When grading, don't just check whether the final code is correct — check whether the process is auditable.
Capstone checklist
Your tiny-agent must satisfy:
- Providers are swappable, with at least a real provider and a faux provider, and errors can be classified as retryable or not retryable.
- Tool calls are driven by message content, not by hard-coded steps, and tools are not dropped because of the stop reason.
- Failed tool parameter validation is fed back to the model, and extra fields are normalized rather than hard-rejected.
- read/edit/write/bash all have path boundaries and truncation policies, and edit has normalized matching and newline preservation.
- Write operations separate the diff details from the model-facing summary, and writes to the same file are queued by real path.
- The session log is append-only JSONL, with a parentId tree structure and a version number.
- Resuming does not re-execute historical tools.
- Compaction never deletes history; it only changes the context projection, and it can retry automatically when the context overflows.
- Steering and follow-up have independent queues and well-defined consumption timing.
- The harness creates a stable turn snapshot for every provider request, and mid-run configuration changes take effect only at the next safe point.
- Structural operations reject while busy, pending session writes commit in deterministic order after agent messages, and
waitForIdle()never returns early. - In JSON mode, stdout emits machine-readable events only, and exit codes follow a convention.
- The permission gate and project trust apply consistently across all shells.
- The faux provider tests cover at least one tool-error self-correction scenario.
Debugging workflow
When the agent misbehaves, investigate in this order:
- Check the session log to confirm the facts were written.
- Check the harness timeline to confirm the ordering of phase, turn snapshot, save point, pending writes, and settled.
- Check the context projection to confirm what was sent to the model is correct (Chapter 11's assembly debugging view is most useful here).
- Check the provider adapter to confirm the stop reason and tool calls were converted correctly, and that ids and thinking are handled properly across models.
- Check the tool result to confirm the error is fixable and actionable.
- Check the system prompt to confirm rule ordering and conflicts.

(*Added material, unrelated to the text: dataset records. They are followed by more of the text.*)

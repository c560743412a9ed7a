//! Designs that are laid on a machine.
ghost use Rattle.std.specs.Prelude.{◌≡◌, ◌≤◌, [], false, IfOk, IfErr, IfSome, length};
ghost use Rattle.machine_shape.specs.Limits.{is_small};
ghost use Rattle.map_network.specs.Vocabulary.{IsNetwork, IsPlainNetwork, plain_network, HasRowsOf};
ghost use Rattle.place_plan.specs.Vocabulary.{IsLayout, Fits, FitsInOrder, IsPlaceFail, IsPlan};
ghost use Rattle.cmd_steps.specs.Vocabulary.{Outside, StepStops, Took};
ghost use Rattle.place_design.specs.Laying.{lays, IsChosen, IsImageFor};
ghost use Rattle.place_design.specs.Smaller.{IsImproved, IsSmallerFor};

use crate::room::no_place;
use crate::smaller::{Improved, Smaller, found_plan, smaller_for};
use cmd_steps::{Refusal, Stop};
use design_netlist::Netlist;
use machine_defects::Defects;
use machine_image::Image;
use map_network::{Network, plain};
use place_plan::{PlaceFail, Placed, in_order_laid};
use place_route::route_laid;
use std::alloc::{AllocError, Global};

// The image of a network that has a design's rows and no more tables than its plain network, on a plan that fits, with its layout.
fn drawn(
    alloc: Global,
    netlist: &Netlist,
    network: &Network,
    placed: &Placed,
    defects: &Defects,
) -> Result<Image, AllocError>
    requires network { IsNetwork network.now }
    requires rows { HasRowsOf network.now netlist.now }
    requires inputs { network.now.inputs ≡ length netlist.now.inputs }
    requires outputs { length network.now.outputs ≡ length netlist.now.outputs }
    requires tables { length network.now.tables ≤ length (plain_network netlist.now).tables }
    requires choice { IsChosen defects.now netlist.now network.now placed.now.plan }
    requires plan { IsPlan defects.now.shape defects.now.list network.now placed.now.plan }
    requires fits { Fits defects.now.shape defects.now.list network.now placed.now.plan }
    requires layout { IsLayout defects.now.shape defects.now.list network.now placed.now.plan placed.now.layout }
    ensures { IfOk result (IsImageFor defects.now netlist.now) }
{
    let image = route_laid(alloc, network, &placed.plan, &placed.layout, defects)?;
    // Its contract says that the value is an image.
    image.config();
    Ok(image)
}

// An image of a design by a network with fewer tables, on its plan.
fn drawn_by(
    alloc: Global,
    netlist: &Netlist,
    smaller: &Smaller,
    defects: &Defects,
) -> Result<Option<Image>, AllocError>
    requires { IsSmallerFor defects.now netlist.now smaller.now }
    ensures { IfOk result (λ o. IfSome o (IsImageFor defects.now netlist.now)) }
{
    let image = drawn(alloc, netlist, &smaller.network, &smaller.placed, defects)?;
    Ok(Some(image))
}

// An image of a design by a network with fewer tables, if one of them has a plan that fits.
fn drawn_smaller(
    alloc: Global,
    netlist: &Netlist,
    whole: &Network,
    defects: &Defects,
) -> Result<Option<Image>, AllocError>
    requires plain { IsPlainNetwork netlist.now whole.now }
    requires network { IsNetwork whole.now }
    requires rows { HasRowsOf whole.now netlist.now }
    ensures { IfOk result (λ o. IfSome o (IsImageFor defects.now netlist.now)) }
{
    match smaller_for(alloc, netlist, whole, defects)? {
        Some(smaller) => drawn_by(alloc, netlist, &smaller, defects),
        None => Ok(None),
    }
}

// An image of a design whose network has a plan in order that fits.
fn drawn_in_order(
    alloc: Global,
    netlist: &Netlist,
    whole: &Network,
    placed: &Placed,
    defects: &Defects,
) -> Result<Image, AllocError>
    requires plain { IsPlainNetwork netlist.now whole.now }
    requires network { IsNetwork whole.now }
    requires rows { HasRowsOf whole.now netlist.now }
    requires fits { FitsInOrder defects.now.shape defects.now.list whole.now placed.now.plan }
    requires layout { IsLayout defects.now.shape defects.now.list whole.now placed.now.plan placed.now.layout }
    ensures { IfOk result (IsImageFor defects.now netlist.now) }
{
    match drawn_smaller(alloc, netlist, whole, defects)? {
        Some(image) => Ok(image),
        None => drawn(alloc, netlist, whole, placed, defects),
    }
}

// An image of a design on a plan that was found, on a machine that isn't small.
fn drawn_found(
    alloc: Global,
    netlist: &Netlist,
    whole: &Network,
    found: &Improved,
    defects: &Defects,
) -> Result<Option<Image>, AllocError>
    requires plain { IsPlainNetwork netlist.now whole.now }
    requires network { IsNetwork whole.now }
    requires rows { HasRowsOf whole.now netlist.now }
    requires large { is_small defects.now.shape.counts ≡ false }
    requires found { IsImproved defects.now whole.now found.now }
    ensures { IfOk result (λ o. IfSome o (IsImageFor defects.now netlist.now)) }
{
    let image = drawn(alloc, netlist, whole, &found.placed, defects)?;
    Ok(Some(image))
}

// An image of a design on a plan that was found, if one is, on a machine that isn't small.
fn drawn_on_found(
    alloc: Global,
    netlist: &Netlist,
    whole: &Network,
    defects: &Defects,
) -> Result<Option<Image>, AllocError>
    requires plain { IsPlainNetwork netlist.now whole.now }
    requires network { IsNetwork whole.now }
    requires rows { HasRowsOf whole.now netlist.now }
    requires large { is_small defects.now.shape.counts ≡ false }
    ensures { IfOk result (λ o. IfSome o (IsImageFor defects.now netlist.now)) }
{
    match found_plan(alloc, whole, defects)? {
        Some(found) => drawn_found(alloc, netlist, whole, &found, defects),
        None => Ok(None),
    }
}

// An image of a design whose network's plan in order doesn't fit, if the machine isn't small and another plan fits.
fn drawn_out_of_order(
    alloc: Global,
    netlist: &Netlist,
    whole: &Network,
    defects: &Defects,
) -> Result<Option<Image>, AllocError>
    requires plain { IsPlainNetwork netlist.now whole.now }
    requires network { IsNetwork whole.now }
    requires rows { HasRowsOf whole.now netlist.now }
    ensures image { IfOk result (λ o. IfSome o (IsImageFor defects.now netlist.now)) }
    ensures large { IfOk result (λ o. IfSome o (λ _. is_small defects.now.shape.counts ≡ false)) }
{
    if defects.shape().is_small() {
        return Ok(None);
    }
    let smaller = drawn_smaller(alloc, netlist, whole, defects)?;
    if smaller.is_some() {
        return Ok(smaller);
    }
    drawn_on_found(alloc, netlist, whole, defects)
}

// The image of a design whose network has a plan in order that fits.
fn image_in_order(
    alloc: Global,
    netlist: &Netlist,
    whole: &Network,
    placed: &Placed,
    defects: &Defects,
) -> Result<Image, Stop>
    requires plain { IsPlainNetwork netlist.now whole.now }
    requires network { IsNetwork whole.now }
    requires rows { HasRowsOf whole.now netlist.now }
    requires fits { FitsInOrder defects.now.shape defects.now.list whole.now placed.now.plan }
    requires layout { IsLayout defects.now.shape defects.now.list whole.now placed.now.plan placed.now.layout }
    ensures found { IfOk result (lays defects.now netlist.now).gives }
    ensures refused { IfErr result (StepStops (lays defects.now netlist.now)) }
{
    let image = drawn_in_order(alloc, netlist, whole, placed, defects)?;
    Ok(image)
}

// The image of a design whose network's plan in order doesn't fit, or why there is none.
fn image_out_of_order(
    alloc: Global,
    netlist: &Netlist,
    whole: &Network,
    defects: &Defects,
    fail: PlaceFail,
) -> Result<Image, Stop>
    requires plain { IsPlainNetwork netlist.now whole.now }
    requires network { IsNetwork whole.now }
    requires rows { HasRowsOf whole.now netlist.now }
    requires fail { IsPlaceFail defects.now.shape defects.now.list whole.now fail }
    ensures found { IfOk result (lays defects.now netlist.now).gives }
    ensures refused { IfErr result (StepStops (lays defects.now netlist.now)) }
{
    match drawn_out_of_order(alloc, netlist, whole, defects)? {
        Some(image) => Ok(image),
        None => Err(no_place(alloc, defects.shape(), fail)),
    }
}

// The image of a design with this plain network, or why there is none.
fn image_by(
    alloc: Global,
    netlist: &Netlist,
    whole: &Network,
    defects: &Defects,
) -> Result<Image, Stop>
    requires plain { IsPlainNetwork netlist.now whole.now }
    requires network { IsNetwork whole.now }
    requires rows { HasRowsOf whole.now netlist.now }
    ensures found { IfOk result (lays defects.now netlist.now).gives }
    ensures refused { IfErr result (StepStops (lays defects.now netlist.now)) }
{
    match in_order_laid(alloc, whole, defects) {
        Ok(placed) => image_in_order(alloc, netlist, whole, &placed, defects),
        Err(PlaceFail::Memory) => Err(Stop::Refused(Refusal::Memory)),
        Err(fail) => image_out_of_order(alloc, netlist, whole, defects, fail),
    }
}

// The image, or why there is none.
fn image_for(alloc: Global, netlist: &Netlist, defects: &Defects) -> Result<Image, Stop>
    ensures found { IfOk result (lays defects.now netlist.now).gives }
    ensures refused { IfErr result (StepStops (lays defects.now netlist.now)) }
{
    let network = plain(alloc, netlist)?;
    image_by(alloc, netlist, &network, defects)
}

/// An image of a design on what the list leaves free, where there is room for its plain network in order. It is that of a
/// network with fewer tables, on a plan with fewer crossings, where such a plan fits. On a machine that isn't small there is also one
/// where a plan is found that fits, of such a network or of the plain one. No table of it is on and no crosspoint closed that
/// the network doesn't need. Unless it is the plain network, each table leads to an output, and no path of tables
/// is longer than in the plain network; unless the plan is that in order, nets cross at most as many nodes in sum as by that.
///
/// # Errors
///
/// The refusal for want of room only where the in-order plan of the plain network doesn't fit, and on a small machine exactly
/// there, with the first short resource, unless memory is lacking; out of memory.
pub fn lay(alloc: Global, netlist: &Netlist, defects: &Defects) -> Result<Image, Stop>
    // Whatever is around it.
    ensures took { (o : Outside) → Took [] (lays defects.now netlist.now) result o o }
{
    image_for(alloc, netlist, defects)
}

- Only then suspect the model itself.
This order matters. Many "the model won't listen" problems are actually a constraint missing from the context projection, or a tool error written in a way the model can't act on. Pin responsibility first on the deterministic layer you control, and only then on the nondeterministic model, and debugging becomes far more efficient.
Closing
The heart of building a coding agent is not finding a magic prompt; it is placing a nondeterministic model inside deterministic engineering boundaries: clear protocols, controlled tools, recoverable state, observable events, auditable permissions, bounded extensions, and a harness that confines every change to an explainable point in time. Get these right, and gains in model capability naturally become gains in system capability; get them wrong, and the stronger the model, the harder the system is to control. This is also why this course returns, from the first chapter to the last, to the same layered diagram — each layer solves one determinism problem, and together they form a system that can genuinely change your code for you, and that you dare to let do so.